* _Task data_:
···

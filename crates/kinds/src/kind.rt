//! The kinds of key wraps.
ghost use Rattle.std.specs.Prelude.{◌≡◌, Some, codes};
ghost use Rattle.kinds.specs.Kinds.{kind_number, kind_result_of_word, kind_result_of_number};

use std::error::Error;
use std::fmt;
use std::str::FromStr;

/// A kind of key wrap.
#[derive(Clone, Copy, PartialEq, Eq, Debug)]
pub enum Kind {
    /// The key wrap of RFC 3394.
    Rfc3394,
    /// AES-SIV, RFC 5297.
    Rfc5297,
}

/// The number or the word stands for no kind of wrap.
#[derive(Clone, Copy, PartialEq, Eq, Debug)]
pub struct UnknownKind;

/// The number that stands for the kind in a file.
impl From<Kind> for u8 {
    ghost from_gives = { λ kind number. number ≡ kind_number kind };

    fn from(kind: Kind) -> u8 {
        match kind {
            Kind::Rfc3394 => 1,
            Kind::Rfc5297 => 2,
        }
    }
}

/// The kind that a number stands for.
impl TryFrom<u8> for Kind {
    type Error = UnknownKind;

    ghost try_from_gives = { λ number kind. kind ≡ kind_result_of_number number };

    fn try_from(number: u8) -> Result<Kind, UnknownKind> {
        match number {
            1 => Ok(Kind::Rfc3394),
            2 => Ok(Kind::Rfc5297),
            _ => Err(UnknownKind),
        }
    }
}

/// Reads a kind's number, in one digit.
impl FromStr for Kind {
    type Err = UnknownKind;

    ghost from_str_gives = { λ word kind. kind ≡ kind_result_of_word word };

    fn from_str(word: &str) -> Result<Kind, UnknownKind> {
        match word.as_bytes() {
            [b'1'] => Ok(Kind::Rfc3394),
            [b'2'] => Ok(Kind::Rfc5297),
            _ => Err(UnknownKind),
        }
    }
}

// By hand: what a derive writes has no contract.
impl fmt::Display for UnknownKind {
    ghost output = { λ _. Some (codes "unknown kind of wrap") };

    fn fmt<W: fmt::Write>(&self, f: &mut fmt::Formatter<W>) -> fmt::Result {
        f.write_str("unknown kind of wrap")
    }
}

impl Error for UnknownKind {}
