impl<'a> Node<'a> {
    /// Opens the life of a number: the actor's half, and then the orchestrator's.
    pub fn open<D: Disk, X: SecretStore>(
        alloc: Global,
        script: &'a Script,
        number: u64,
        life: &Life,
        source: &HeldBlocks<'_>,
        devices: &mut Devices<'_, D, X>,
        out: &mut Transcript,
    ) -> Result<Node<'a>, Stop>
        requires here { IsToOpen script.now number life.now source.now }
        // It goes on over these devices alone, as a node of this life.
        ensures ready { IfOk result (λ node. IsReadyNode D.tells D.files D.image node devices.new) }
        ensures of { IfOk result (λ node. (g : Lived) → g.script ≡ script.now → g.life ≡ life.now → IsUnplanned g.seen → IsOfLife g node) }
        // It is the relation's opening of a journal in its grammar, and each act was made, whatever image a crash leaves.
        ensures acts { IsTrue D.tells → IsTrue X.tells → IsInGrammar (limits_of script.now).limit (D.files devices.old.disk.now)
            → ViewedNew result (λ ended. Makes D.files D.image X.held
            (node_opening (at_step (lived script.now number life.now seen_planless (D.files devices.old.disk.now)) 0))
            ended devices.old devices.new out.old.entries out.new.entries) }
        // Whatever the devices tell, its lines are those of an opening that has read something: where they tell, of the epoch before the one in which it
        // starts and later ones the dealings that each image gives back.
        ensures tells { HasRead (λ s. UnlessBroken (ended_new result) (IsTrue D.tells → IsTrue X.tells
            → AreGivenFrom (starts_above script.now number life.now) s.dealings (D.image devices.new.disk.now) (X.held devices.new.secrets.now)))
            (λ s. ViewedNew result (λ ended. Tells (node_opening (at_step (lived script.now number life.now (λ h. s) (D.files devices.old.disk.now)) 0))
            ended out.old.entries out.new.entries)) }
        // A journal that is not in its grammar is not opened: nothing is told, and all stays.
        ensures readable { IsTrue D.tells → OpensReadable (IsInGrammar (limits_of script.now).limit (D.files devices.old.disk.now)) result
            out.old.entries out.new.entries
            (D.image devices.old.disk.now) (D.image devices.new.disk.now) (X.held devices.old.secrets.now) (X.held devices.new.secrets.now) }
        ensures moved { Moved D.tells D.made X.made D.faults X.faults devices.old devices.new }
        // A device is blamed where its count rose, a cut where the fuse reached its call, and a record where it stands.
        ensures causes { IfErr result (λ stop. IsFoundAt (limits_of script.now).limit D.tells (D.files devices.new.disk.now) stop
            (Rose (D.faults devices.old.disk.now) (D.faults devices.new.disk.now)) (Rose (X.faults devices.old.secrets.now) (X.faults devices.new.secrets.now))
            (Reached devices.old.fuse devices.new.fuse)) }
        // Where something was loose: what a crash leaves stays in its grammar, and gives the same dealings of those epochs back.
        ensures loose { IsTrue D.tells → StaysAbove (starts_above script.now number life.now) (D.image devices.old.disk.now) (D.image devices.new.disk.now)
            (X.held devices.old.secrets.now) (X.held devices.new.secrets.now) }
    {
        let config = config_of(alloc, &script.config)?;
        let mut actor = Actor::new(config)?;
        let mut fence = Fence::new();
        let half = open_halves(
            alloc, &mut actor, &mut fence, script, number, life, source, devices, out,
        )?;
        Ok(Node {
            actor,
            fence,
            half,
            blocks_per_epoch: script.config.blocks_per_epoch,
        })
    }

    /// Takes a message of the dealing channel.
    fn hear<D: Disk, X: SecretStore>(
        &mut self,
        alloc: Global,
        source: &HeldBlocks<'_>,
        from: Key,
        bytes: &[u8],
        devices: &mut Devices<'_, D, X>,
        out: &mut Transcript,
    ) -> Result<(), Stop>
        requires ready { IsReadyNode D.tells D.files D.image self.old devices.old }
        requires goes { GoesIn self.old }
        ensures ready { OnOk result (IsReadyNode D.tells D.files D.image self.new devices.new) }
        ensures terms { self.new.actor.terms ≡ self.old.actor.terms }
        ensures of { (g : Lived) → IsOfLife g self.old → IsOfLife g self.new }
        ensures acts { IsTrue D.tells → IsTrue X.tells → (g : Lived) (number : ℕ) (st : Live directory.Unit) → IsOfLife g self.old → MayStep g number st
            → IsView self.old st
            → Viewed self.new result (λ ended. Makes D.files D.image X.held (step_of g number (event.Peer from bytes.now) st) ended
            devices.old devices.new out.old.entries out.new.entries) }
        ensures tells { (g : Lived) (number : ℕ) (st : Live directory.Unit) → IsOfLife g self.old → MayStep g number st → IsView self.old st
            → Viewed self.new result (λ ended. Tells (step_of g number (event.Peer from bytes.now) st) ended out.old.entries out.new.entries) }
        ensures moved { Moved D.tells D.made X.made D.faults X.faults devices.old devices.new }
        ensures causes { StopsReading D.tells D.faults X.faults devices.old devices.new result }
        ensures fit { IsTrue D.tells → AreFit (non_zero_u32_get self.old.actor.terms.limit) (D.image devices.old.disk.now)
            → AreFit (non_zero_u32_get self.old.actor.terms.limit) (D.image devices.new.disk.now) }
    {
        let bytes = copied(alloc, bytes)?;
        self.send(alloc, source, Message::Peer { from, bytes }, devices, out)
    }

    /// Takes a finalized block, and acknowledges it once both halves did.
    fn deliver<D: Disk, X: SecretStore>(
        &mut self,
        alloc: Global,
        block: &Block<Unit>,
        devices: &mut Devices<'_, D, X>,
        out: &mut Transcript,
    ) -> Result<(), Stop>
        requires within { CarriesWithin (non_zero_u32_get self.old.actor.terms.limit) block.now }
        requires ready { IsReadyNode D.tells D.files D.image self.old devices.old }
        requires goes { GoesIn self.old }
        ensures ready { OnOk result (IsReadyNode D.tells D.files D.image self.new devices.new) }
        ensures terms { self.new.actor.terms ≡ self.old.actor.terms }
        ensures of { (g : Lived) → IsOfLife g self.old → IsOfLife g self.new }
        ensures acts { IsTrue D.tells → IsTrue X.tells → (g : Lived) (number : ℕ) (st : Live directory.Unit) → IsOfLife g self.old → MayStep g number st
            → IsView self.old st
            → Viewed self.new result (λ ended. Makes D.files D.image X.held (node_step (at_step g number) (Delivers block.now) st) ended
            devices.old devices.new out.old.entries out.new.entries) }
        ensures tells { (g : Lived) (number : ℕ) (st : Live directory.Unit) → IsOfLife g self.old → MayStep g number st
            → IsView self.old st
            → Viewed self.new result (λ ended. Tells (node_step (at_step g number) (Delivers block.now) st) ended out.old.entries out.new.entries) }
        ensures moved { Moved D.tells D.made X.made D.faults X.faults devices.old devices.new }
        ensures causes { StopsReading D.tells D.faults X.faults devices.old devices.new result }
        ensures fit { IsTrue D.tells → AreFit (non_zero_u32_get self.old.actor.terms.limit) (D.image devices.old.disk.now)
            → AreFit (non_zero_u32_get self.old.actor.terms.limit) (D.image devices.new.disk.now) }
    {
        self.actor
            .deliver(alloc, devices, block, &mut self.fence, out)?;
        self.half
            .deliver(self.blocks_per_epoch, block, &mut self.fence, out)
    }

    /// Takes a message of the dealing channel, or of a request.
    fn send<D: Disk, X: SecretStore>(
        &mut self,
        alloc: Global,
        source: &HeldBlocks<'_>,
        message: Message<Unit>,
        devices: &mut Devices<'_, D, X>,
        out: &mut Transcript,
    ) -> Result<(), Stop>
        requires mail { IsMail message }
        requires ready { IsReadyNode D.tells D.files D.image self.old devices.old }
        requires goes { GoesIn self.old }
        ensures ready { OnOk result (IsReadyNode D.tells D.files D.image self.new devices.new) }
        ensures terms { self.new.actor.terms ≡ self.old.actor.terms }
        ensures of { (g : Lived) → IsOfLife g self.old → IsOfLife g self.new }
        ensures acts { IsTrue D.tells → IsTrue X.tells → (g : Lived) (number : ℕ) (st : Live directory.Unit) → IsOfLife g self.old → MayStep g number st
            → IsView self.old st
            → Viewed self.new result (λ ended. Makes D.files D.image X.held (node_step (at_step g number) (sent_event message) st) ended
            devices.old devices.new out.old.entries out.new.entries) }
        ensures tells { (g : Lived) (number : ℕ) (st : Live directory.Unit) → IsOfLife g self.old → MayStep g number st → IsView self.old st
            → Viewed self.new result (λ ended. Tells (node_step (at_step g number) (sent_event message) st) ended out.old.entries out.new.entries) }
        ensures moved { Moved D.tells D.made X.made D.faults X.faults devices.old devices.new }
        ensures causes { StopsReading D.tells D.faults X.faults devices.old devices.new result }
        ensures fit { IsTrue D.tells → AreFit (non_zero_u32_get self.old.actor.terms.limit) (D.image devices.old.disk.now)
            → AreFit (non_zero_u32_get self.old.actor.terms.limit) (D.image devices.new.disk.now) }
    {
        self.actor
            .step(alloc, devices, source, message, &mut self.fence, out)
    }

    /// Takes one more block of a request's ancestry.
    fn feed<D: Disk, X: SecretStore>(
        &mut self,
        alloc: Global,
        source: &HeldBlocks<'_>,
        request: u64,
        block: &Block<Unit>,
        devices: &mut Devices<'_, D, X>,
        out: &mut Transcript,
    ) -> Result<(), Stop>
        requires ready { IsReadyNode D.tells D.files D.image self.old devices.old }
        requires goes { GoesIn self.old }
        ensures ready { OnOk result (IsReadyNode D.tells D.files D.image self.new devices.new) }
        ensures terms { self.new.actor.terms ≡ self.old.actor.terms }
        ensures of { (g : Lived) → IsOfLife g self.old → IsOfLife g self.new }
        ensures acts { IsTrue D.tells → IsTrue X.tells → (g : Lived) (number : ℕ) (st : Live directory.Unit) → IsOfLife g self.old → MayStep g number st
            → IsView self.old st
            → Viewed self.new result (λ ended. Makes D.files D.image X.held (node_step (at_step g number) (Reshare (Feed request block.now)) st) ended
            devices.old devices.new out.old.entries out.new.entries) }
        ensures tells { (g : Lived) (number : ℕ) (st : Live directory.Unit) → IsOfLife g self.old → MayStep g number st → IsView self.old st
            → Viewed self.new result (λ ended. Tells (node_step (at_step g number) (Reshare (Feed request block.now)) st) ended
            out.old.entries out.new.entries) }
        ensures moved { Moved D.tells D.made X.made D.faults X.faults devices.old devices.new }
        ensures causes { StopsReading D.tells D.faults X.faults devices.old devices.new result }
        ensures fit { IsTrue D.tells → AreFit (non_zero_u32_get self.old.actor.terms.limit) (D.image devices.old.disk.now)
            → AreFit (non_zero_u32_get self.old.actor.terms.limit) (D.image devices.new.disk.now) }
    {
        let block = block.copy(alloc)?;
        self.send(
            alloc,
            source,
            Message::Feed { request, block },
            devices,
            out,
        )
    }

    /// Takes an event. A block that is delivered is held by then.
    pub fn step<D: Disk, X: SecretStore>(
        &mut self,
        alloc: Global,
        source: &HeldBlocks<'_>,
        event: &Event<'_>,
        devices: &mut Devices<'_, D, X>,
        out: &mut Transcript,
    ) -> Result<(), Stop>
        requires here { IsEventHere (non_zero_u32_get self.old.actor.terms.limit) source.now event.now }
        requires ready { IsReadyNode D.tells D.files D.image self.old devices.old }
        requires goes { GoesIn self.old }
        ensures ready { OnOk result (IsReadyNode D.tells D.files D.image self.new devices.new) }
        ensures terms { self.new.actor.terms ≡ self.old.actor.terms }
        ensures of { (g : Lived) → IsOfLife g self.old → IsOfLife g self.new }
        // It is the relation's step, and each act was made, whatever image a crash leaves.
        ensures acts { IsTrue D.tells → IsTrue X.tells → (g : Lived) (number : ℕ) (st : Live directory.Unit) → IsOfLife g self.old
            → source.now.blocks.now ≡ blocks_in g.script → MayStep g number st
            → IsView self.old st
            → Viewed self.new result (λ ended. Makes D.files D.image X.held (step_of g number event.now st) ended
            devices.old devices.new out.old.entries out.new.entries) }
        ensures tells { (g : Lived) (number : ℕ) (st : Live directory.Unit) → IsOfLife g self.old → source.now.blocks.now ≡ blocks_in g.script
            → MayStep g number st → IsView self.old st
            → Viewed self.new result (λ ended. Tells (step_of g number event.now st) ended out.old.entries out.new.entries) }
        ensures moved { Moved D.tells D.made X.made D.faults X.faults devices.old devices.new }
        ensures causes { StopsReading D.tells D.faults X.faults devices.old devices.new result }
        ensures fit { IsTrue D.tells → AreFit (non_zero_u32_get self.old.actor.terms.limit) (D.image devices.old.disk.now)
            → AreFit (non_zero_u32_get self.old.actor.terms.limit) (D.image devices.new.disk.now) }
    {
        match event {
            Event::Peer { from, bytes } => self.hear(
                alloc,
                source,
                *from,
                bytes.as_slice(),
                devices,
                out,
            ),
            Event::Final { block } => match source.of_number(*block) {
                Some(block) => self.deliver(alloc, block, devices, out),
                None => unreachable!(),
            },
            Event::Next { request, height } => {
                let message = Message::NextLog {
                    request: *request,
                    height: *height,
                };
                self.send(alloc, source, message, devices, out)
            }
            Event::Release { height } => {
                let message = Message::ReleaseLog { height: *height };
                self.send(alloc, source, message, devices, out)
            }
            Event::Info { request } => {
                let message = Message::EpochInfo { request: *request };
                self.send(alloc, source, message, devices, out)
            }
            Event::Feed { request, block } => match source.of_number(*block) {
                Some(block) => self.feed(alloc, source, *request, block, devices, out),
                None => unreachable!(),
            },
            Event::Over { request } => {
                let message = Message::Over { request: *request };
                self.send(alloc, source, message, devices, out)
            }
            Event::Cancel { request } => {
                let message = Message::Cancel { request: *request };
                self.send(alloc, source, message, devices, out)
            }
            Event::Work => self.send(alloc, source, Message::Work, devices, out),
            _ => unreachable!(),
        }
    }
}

···

* _About this task_: Beginning with the line that contains "let message = Message::Over", return every line through the end of the data above, exactly as written.

* _Answer space_:
                let message = Message::Over { request: *request };
                self.send(alloc, source, message, devices, out)
            }
            Event::Cancel { request } => {
                let message = Message::Cancel { request: *request };
                self.send(alloc, source, message, devices, out)
            }
            Event::Work => self.send(alloc, source, Message::Work, devices, out),
            _ => unreachable!(),
        }
    }
}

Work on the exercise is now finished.